We have not earned substantial revenues
from our drug candidates and are therefore considered to be in the development
stage. The continuation of our research and development activities
and the commercialization of the targeted therapeutic products are dependent
upon our ability to successfully finance and complete our research and
development programs through a combination of equity financing and payments from
strategic partners. We have no current sources of payments from
strategic partners. In addition, we will need to repay or refinance
the secured convertible debentures on their maturity should the holder not
choose to convert the debentures into common shares. There can be no
assurance that additional funding will be available at all or on acceptable
terms to permit further clinical development of our products or to repay the
convertible debentures on maturity. If we are not able to raise
additional funds, we may not be able to continue as a going concern and realize
our assets and pay our liabilities as they fall due. The financial
statements do not reflect adjustments that would be necessary if the going
concern assumption were not appropriate. If the going concern basis
were not appropriate for our financial statements, then adjustments would be
necessary in the carrying value of the assets and liabilities, the reported
revenues and expenses and the balance sheet classifications
used.
Management believes that the Company’s
current level of cash and cash equivalents and short term investments will be
sufficient to execute the Company’s current planned expenditures for the next
twelve months; however, the debt obligation is due in October 2009 and the
Company currently does not have the cash and cash equivalents to satisfy this
obligation. If the
Company is not able to raise additional funds, it may not be able to continue as
a going concern and realize its assets and pay its liabilities as they fall due.

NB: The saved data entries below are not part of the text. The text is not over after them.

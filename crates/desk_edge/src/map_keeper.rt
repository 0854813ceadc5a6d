ghost use Rattle.std.specs.Prelude.{◌≡◌, ◌≤◌, true, Err, IfOk, IfSome, OnOk, OnErr, IsErrOf, IsPermutation, option_copied, Ok, if◌then◌else◌};
ghost use Rattle.desk_edge.specs.Content.{HaveDistinctKeys, IsChanged, IsFirstPast, IsSame, is_past, key_cmp, key_of};
ghost use Rattle.desk_edge.specs.Faults.{CountsFaults};
ghost use Rattle.desk_edge.specs.Stores.{KeeperInMemory, keeper_after_call, keeper_after_fault, blank, content_of, keeper_fails_next, first_past, records_with_all};
ghost use Rattle.desk_rows.specs.Rows.{IsByKey};

use crate::change::Change;
use crate::keep_fault::KeepFault;
use crate::keeper::Keeper;
use crate::key::Key;
use crate::record::Record;
use crate::records::{copied_all, copied_past, copied_records, make_all};
use desk_rows::Keyed;
use desk_text::OutOfMemory;
use std::alloc::Global;
use std::marker::Model;

/// A keeper in memory. It tells what it keeps, and fails on the calls that it is told to fail on, and on no other.
#[derive(Debug)]
pub struct MapKeeper {
    records: Vec<Record>,
    failing: Vec<u64>,
    calls: u64,
    faults: u64,
}

// Written out, so that a function that owns one does not prove anew how each part is dropped.
impl Drop for MapKeeper {
    fn drop(self) {
        let MapKeeper {
            records: _,
            failing: _,
            calls: _,
            faults: _,
        } = self;
    }
}

impl Model for MapKeeper {
    ghost use Rattle.desk_edge.specs.Content.{key_cmp, key_of};
    ghost use Rattle.desk_edge.specs.Stores.{KeeperInMemory};
    ghost use Rattle.desk_rows.specs.Rows.{IsByKey};

    ghost Value = { KeeperInMemory };

    ghost view = { λ k. record { records = k.records.items; failing = k.failing.items; calls = k.calls; faults = k.faults } };

    ghost invariant = { λ k. IsByKey key_of key_cmp k.records.items };
}

impl MapKeeper {
    /// A keeper of these records, no two of which have one key, in any order. The calls whose numbers `failing` has fail, counted
    /// from 1. It takes no memory.
    pub fn new(records: Vec<Record>, failing: Vec<u64>) -> MapKeeper
        requires { HaveDistinctKeys records.items }
        ensures records { IsPermutation records.items result.records }
        ensures by_key { IsByKey key_of key_cmp result.records }
        ensures calls { (result.calls ≡ 0) × (result.faults ≡ 0) × (result.failing ≡ failing.items) }
    {
        let mut records = records;
        records.sort_unstable_by(|a, b| a.compare_row(b));
        MapKeeper {
            records,
            failing,
            calls: 0,
            faults: 0,
        }
    }

    /// The records, in order of their keys.
    pub fn records(&self) -> &[Record]
        ensures records { result.now ≡ self.now.records }
        ensures by_key { IsByKey key_of key_cmp self.now.records }
    {
        self.records.as_slice()
    }

    /// How many calls have failed.
    pub fn faults(&self) -> u64
        ensures { result ≡ self.now.faults }
    {
        self.faults
    }

    /// A keeper of nothing, whose calls never fail. It takes no memory.
    pub(crate) fn blank(alloc: Global) -> MapKeeper
        ensures { result ≡ blank }
    {
        MapKeeper {
            records: Vec::new(alloc),
            failing: Vec::new(alloc),
            calls: 0,
            faults: 0,
        }
    }

    /// The same keeper once more, with no fault counted.
    pub(crate) fn copied_without_faults(&self, alloc: Global) -> Result<MapKeeper, OutOfMemory>
        ensures { IfOk result (λ keeper. keeper ≡ record self.now { faults = 0 }) }
    {
        Ok(MapKeeper {
            records: copied_records(alloc, self.records.as_slice())?,
            failing: self.failing.as_slice().to_vec(alloc)?,
            calls: self.calls,
            faults: 0,
        })
    }

    /// Counts a call, and where it is one that fails, the fault.
    fn count_call(&mut self) -> Result<(), KeepFault>
        ensures answer { result ≡ (if keeper_fails_next self.old then Err KeepFault.Failed else Ok tt) }
        ensures after { self.new ≡ (if keeper_fails_next self.old then keeper_after_fault self.old else keeper_after_call self.old) }
        ensures never_falls { self.old.faults ≤ self.new.faults }
    {
        self.calls = self.calls.saturating_add(1);
        if self.failing.contains(&self.calls) {
            self.faults = self.faults.saturating_add(1);
            return Err(KeepFault::Failed);
        }
        Ok(())
    }
}

impl Keeper for MapKeeper {
    ghost NeverFails = { ⊥ };

    ghost faults = { λ k. k.faults };

    ghost Tells = { λ _. Unit {0} };

    ghost content = { content_of };

    fn next_record(
        &mut self,
        alloc: Global,
        after: Option<&Key>,
    ) -> Result<Option<Record>, KeepFault>
        ensures told { Unit {0} → Unit {0} }
        ensures stays { Unit {0} → IsSame (content_of self.old) (content_of self.new) }
        ensures gives { IfOk result (λ found. Unit {0} → IsFirstPast (content_of self.new) (option_copied after.entry) found) }
        ensures later { IfOk result (λ found. IfSome found (λ kept. is_past (option_copied after.entry) (key_of kept) ≡ true)) }
        ensures faults { CountsFaults (IsErrOf result KeepFault.Failed) self.old.faults self.new.faults }
        ensures answer { IfOk result (λ found. found ≡ first_past self.old (option_copied after.entry)) }
        ensures listed { keeper_fails_next self.old ≡ true → result ≡ Err KeepFault.Failed }
        ensures no_other { IsErrOf result KeepFault.Failed → keeper_fails_next self.old ≡ true }
        ensures after { self.new ≡ (if keeper_fails_next self.old then keeper_after_fault self.old else keeper_after_call self.old) }
    {
        self.count_call()?;
        Ok(copied_past(alloc, self.records.as_slice(), after)?)
    }

    fn commit(&mut self, alloc: Global, batch: &[Change]) -> Result<(), KeepFault>
        ensures told { Unit {0} → Unit {0} }
        ensures ok { OnOk result (Unit {0} → IsChanged batch.now (content_of self.old) (content_of self.new)) }
        ensures err { OnErr result (Unit {0} → IsSame (content_of self.old) (content_of self.new)) }
        ensures faults { CountsFaults (IsErrOf result KeepFault.Failed) self.old.faults self.new.faults }
        ensures listed { keeper_fails_next self.old ≡ true → result ≡ Err KeepFault.Failed }
        ensures no_other { IsErrOf result KeepFault.Failed → keeper_fails_next self.old ≡ true }
        ensures made { OnOk result (self.new ≡ keeper_after_call (record self.old { records = records_with_all batch.now self.old.records })) }
        ensures refused { OnErr result (self.new ≡ (if keeper_fails_next self.old then keeper_after_fault self.old else keeper_after_call self.old)) }
    {
        self.count_call()?;
        let changes = copied_all(alloc, batch)?;
        self.records.reserve(changes.len())?;
        make_all(&mut self.records, changes);
        Ok(())
    }
}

The financial statements do not reflect adjustments that would be necessary if
the going concern assumption were not appropriate. If the going concern
basis were not appropriate for these financial statements, then adjustments
would be necessary in the carrying value of the assets and liabilities, the
reported revenues and expenses and the balance sheet classifications
used.
At
February 29, 2008, Lorus
had cash and cash equivalents and short-term investments totaling $12.2 million
compared to $12.4 million at May 31, 2007. The Company invests in
highly rated and liquid debt instruments. Investment decisions are
made in accordance with an established investment policy administered by senior
management and overseen by the board of directors. Working capital
(representing primarily cash, cash equivalents and short term investments less
current liabilities) at February
29, 2008 was $10.9 million as compared to $6.2 million at May 31,
2007.
We do
not expect to generate positive cash flow from operations in the next several
years due to additional research and development costs, including costs related
to drug discovery, preclinical testing, clinical trials, manufacturing costs and
operating expenses associated with supporting these activities. Negative cash
flow will continue until such time, if ever, that we receive regulatory approval
to commercialize any of our products under development and revenue from any such
products exceeds expenses.
We may seek to access the public or
private equity markets from time to time, even if we do not have an immediate
need for additional capital at that time. We intend to use our resources to fund
our existing drug development programs and develop new programs from our
portfolio of preclinical research technologies. The amounts actually expended
for research and drug development activities and the timing of such expenditures
will depend on many factors, including the progress of the Company's research
and drug development programs, the results of preclinical and clinical trials,
the timing of regulatory submissions and approvals, the impact of any internally
developed, licensed or acquired technologies, our ability to find suitable
partnership agreements to assist financially with future development, the impact
from technological advances, determinations as to the commercial potential of
the Company's compounds and the timing and development status of competitive
products.
Contractual Obligations and Off-Balance
Sheet Financing
At
February 29, 2008, we had
contractual obligations requiring annual payments as follows:
(Amounts
in 000’s)
|
|
Less
than 1 year
|
|
|
1-3
years
|
|
|
Total
|
|
Operating
leases
|
|
|
139 |
|
|
|
284 |
|
|
|
423 |
|
Convertible Debenture1
|
|
|
- |
|
|
|
15,000 |
|
|
|
15,000 |
|
Total
|
|
|
139 |
|
|
|
15,284 |
|
|
|
15,423 |
|
1
The convertible debentures
as described above may be converted into common shares of Lorus at a conversion
price of $1.00. In the event that the holder does not convert the
debentures, Lorus has an obligation to repay the $15.0 million in
cash. The amounts above excludes interest expense which is payable
monthly by issuance of commons shares which is calculated at a rate of prime
plus 1% on the outstanding balance.
In
December 2007 the Company entered into a contract to manufacture GTI-2040 for
clinical trial purposes at an expected cost of $1.5 million of which $1.0
million has been incurred as at February 29, 2008 and the remaining $500
thousand has yet to be incurred but will become payable upon release to Lorus of
a cGMP manufactured product which we anticipate to be during the fourth quarter
of 2008.
The
Company had entered into contracts with a third party service provider to
perform GLP toxicity studies on LOR-253 the Company’s lead Small Molecule
compound. The total value of these contracts is $850 thousand of
which $400 thousand had been accrued or paid as of February 29,
2008. The remaining amounts will become due as the study milestones
are achieved. We expect that the remaining amount will be paid or
accrued during the fourth quarter of 2008.
In
addition, the Company is party to certain licensing agreements that require the
Company to pay a proportion of any fees that the Company may receive from future
revenues or milestone payments. As of February 29, 2008 no amounts are owing and
the amount of future fees is not determinable.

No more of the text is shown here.